DATA RECORDS |
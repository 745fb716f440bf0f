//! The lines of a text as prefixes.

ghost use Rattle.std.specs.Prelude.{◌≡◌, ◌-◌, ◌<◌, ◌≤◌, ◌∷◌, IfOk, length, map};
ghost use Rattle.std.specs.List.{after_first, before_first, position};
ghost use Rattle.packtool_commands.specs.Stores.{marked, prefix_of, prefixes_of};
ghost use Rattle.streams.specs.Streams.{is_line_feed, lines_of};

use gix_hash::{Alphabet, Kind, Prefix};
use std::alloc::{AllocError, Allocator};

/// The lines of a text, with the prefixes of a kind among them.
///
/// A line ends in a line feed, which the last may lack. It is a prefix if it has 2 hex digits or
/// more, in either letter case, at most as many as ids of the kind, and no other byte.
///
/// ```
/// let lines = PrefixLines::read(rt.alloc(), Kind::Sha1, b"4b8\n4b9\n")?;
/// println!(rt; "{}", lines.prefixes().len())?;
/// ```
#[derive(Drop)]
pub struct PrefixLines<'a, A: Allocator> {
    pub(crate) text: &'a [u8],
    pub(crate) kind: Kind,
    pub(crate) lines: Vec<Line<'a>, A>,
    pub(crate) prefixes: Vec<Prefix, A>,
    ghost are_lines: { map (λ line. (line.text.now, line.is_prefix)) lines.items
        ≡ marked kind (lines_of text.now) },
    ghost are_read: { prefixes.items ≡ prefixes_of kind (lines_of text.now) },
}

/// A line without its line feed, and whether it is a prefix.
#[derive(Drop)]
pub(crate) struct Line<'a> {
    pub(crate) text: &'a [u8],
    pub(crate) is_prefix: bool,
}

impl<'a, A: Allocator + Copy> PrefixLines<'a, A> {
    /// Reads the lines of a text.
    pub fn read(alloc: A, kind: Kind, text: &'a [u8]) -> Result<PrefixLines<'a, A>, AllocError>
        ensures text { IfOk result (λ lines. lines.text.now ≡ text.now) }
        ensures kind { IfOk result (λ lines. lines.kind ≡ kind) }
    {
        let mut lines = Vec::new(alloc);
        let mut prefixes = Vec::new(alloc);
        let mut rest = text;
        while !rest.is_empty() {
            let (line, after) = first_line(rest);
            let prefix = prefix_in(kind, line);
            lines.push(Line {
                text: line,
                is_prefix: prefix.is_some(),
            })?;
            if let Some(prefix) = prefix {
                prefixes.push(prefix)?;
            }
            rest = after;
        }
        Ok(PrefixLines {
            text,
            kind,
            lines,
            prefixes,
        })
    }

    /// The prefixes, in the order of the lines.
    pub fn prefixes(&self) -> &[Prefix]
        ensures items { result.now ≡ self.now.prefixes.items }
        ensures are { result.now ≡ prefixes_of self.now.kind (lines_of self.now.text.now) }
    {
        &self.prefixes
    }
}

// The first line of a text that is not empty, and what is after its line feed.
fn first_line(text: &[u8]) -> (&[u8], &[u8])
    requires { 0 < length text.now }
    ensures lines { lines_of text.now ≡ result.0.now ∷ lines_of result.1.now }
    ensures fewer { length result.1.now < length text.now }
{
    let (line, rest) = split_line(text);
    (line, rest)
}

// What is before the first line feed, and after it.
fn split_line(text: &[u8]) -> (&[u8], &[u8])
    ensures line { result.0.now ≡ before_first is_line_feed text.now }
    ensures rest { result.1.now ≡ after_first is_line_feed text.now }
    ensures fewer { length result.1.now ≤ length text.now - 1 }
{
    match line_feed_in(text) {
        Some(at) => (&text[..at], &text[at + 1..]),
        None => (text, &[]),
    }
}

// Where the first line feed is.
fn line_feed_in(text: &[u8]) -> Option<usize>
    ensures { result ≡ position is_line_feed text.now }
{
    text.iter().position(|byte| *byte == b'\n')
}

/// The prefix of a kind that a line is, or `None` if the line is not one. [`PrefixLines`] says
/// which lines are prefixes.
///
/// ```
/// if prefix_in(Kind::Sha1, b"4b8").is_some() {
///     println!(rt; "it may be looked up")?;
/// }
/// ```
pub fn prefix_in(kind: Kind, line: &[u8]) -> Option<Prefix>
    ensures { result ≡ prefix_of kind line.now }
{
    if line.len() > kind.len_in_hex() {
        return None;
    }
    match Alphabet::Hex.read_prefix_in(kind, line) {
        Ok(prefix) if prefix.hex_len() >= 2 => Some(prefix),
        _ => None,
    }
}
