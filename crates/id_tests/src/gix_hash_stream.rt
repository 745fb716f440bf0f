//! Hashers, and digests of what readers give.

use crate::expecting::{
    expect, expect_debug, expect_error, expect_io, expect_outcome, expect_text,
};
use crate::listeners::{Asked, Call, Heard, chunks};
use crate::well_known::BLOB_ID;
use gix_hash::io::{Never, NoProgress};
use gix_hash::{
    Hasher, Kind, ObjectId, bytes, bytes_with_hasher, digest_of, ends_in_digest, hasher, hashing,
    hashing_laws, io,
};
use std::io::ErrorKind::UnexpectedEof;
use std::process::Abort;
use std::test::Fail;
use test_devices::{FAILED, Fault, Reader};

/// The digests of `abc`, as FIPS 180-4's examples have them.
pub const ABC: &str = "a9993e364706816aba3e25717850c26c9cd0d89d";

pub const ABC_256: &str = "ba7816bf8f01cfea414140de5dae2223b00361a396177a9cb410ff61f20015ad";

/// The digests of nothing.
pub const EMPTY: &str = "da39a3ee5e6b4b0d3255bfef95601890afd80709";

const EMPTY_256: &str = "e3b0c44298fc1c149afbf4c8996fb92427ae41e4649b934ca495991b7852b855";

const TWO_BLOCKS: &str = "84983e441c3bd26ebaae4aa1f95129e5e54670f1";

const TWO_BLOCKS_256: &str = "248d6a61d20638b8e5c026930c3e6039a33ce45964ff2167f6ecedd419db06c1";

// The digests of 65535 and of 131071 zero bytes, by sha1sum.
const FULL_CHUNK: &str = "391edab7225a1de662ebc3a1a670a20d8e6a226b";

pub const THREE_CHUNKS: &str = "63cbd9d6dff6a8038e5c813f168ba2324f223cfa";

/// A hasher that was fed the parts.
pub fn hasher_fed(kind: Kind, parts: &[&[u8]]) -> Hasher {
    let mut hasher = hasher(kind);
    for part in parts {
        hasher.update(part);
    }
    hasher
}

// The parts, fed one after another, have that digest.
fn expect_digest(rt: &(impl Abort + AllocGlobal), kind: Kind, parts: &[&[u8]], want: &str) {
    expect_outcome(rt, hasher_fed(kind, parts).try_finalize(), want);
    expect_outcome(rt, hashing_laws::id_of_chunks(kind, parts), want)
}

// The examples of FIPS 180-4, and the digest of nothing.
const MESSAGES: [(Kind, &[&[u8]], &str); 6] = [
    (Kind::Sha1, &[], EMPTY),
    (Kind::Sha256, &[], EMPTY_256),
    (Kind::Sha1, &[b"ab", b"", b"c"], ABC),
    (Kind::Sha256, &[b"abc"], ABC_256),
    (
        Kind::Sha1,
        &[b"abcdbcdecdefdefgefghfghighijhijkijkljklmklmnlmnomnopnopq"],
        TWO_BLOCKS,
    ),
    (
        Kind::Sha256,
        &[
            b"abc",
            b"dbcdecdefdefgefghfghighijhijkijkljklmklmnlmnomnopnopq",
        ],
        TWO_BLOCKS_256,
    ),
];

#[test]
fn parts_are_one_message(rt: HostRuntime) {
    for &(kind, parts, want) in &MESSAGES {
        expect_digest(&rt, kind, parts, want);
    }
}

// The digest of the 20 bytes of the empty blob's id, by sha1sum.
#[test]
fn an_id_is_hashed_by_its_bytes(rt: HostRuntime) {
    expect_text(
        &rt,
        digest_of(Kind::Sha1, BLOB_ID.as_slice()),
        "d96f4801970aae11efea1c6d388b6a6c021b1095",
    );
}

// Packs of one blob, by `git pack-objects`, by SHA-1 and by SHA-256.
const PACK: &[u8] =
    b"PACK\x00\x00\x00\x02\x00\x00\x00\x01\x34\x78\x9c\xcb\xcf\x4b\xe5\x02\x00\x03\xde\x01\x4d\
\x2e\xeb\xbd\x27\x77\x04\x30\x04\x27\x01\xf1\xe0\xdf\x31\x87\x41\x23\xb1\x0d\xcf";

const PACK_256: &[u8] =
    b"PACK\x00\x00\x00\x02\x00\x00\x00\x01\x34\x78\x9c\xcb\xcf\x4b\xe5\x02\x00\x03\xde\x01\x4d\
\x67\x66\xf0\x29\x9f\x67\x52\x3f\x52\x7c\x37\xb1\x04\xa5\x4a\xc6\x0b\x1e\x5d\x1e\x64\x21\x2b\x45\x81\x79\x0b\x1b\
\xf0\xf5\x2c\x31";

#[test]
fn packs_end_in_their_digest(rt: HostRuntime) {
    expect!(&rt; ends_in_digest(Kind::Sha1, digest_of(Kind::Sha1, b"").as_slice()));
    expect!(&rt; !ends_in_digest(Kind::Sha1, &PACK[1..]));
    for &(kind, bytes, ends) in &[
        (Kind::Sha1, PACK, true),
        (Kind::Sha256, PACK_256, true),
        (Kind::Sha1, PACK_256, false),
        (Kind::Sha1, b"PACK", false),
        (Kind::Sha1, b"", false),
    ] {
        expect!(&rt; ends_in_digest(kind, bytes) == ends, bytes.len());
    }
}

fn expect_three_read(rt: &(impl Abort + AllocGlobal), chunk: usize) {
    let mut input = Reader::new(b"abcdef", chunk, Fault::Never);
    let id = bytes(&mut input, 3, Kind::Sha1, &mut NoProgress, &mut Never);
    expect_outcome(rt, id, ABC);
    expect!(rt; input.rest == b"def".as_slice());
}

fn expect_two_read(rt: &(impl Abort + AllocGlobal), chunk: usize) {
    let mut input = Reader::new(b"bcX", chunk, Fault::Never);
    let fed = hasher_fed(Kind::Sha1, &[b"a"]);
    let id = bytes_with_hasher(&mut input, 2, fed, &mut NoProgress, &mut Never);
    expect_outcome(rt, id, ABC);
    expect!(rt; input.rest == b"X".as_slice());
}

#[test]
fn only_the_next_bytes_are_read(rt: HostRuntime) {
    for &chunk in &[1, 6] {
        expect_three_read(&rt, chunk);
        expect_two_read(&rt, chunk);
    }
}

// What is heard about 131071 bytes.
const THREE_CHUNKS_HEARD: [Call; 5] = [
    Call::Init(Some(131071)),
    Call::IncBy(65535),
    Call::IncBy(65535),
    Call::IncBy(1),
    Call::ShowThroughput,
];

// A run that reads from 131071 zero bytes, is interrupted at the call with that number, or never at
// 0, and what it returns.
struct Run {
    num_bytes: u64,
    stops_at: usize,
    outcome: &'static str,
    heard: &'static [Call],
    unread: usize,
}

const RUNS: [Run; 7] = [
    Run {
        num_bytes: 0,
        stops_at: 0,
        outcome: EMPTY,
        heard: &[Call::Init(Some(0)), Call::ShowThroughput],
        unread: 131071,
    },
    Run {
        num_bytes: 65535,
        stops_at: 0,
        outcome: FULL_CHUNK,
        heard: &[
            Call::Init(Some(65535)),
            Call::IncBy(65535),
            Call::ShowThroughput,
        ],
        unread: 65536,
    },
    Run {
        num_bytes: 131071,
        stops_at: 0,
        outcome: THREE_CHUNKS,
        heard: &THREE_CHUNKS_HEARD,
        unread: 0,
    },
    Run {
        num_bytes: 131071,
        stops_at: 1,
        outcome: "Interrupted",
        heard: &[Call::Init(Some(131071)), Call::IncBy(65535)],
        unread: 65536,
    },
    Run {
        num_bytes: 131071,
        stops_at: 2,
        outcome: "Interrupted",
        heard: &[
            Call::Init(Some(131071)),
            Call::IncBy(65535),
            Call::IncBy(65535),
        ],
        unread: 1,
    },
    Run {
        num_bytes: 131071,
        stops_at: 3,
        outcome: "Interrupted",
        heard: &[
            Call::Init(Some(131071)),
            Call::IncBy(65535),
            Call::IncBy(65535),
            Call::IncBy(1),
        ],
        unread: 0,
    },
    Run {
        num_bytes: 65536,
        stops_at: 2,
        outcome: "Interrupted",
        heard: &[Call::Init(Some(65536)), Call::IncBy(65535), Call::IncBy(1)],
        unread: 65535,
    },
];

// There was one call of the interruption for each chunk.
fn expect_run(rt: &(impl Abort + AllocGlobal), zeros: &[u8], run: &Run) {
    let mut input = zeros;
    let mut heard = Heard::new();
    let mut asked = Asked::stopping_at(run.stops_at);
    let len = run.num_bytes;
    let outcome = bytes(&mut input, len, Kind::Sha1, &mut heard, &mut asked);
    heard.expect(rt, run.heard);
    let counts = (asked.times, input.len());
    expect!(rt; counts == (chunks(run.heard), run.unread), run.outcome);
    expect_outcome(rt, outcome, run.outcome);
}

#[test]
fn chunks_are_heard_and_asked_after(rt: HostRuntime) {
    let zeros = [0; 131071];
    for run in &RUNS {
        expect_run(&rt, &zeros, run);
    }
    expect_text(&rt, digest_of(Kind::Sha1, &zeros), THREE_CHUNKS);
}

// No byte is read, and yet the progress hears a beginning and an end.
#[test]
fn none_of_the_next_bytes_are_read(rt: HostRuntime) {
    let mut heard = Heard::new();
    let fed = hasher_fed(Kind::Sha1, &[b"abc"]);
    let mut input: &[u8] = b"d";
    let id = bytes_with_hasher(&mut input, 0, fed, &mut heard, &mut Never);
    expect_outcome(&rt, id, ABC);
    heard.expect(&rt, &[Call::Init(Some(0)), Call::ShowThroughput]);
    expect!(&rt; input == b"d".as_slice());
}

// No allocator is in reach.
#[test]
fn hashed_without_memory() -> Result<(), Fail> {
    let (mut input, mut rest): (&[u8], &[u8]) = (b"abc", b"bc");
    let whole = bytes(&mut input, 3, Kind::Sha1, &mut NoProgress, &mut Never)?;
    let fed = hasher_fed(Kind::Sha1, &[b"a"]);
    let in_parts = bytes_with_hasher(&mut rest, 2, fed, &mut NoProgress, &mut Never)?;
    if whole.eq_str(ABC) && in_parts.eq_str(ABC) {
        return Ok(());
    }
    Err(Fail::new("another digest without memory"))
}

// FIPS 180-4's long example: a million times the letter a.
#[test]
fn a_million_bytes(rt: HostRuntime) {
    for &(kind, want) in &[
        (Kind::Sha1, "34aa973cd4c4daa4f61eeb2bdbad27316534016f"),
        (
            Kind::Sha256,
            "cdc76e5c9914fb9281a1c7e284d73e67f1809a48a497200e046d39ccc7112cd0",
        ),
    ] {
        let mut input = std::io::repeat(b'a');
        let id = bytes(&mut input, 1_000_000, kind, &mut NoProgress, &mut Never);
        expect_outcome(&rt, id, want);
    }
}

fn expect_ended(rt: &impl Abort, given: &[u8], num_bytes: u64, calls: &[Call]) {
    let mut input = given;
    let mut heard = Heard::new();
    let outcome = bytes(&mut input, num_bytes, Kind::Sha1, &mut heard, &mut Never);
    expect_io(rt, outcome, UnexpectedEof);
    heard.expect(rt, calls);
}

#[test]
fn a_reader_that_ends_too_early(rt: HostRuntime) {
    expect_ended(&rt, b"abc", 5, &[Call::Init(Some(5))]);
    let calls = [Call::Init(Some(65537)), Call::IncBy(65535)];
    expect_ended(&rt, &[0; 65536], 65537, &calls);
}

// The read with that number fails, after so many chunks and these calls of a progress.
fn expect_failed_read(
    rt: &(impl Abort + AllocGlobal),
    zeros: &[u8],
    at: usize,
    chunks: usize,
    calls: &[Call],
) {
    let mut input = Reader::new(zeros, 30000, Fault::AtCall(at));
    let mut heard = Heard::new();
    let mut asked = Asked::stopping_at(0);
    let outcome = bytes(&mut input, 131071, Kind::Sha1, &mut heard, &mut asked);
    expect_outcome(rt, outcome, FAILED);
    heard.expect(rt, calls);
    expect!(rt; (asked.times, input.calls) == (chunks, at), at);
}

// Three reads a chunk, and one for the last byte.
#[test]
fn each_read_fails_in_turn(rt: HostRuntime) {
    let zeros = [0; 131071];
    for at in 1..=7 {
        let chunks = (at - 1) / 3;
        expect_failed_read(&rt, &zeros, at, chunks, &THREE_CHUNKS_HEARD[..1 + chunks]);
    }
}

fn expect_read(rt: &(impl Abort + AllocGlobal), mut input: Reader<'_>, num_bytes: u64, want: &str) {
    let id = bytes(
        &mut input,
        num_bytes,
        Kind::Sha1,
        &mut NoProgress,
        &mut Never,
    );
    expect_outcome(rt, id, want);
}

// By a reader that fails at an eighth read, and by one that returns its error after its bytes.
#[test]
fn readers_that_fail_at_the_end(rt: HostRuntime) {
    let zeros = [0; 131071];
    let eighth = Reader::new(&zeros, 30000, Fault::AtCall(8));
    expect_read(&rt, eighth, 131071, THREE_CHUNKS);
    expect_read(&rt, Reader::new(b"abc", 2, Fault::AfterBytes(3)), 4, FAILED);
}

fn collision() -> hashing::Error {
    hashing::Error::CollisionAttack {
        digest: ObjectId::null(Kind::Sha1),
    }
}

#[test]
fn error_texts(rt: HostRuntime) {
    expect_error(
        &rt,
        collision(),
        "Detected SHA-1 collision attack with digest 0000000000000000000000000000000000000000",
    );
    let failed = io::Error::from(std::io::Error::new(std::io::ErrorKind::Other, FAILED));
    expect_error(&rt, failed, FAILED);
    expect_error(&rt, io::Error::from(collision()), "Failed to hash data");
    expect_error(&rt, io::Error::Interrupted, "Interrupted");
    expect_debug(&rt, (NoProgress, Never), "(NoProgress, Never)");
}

PROBLEM REQUIREMENTS |
Please copy, exactly as written, every line in the listing above from the line with "rest = after;" up to and including the line with "its line feed.".

EXERCISE OUTPUT |
            rest = after;
        }
        Ok(PrefixLines {
            text,
            kind,
            lines,
            prefixes,
        })
    }

    /// The prefixes, in the order of the lines.
    pub fn prefixes(&self) -> &[Prefix]
        ensures items { result.now ≡ self.now.prefixes.items }
        ensures are { result.now ≡ prefixes_of self.now.kind (lines_of self.now.text.now) }
    {
        &self.prefixes
    }
}

// The first line of a text that is not empty, and what is after its line feed.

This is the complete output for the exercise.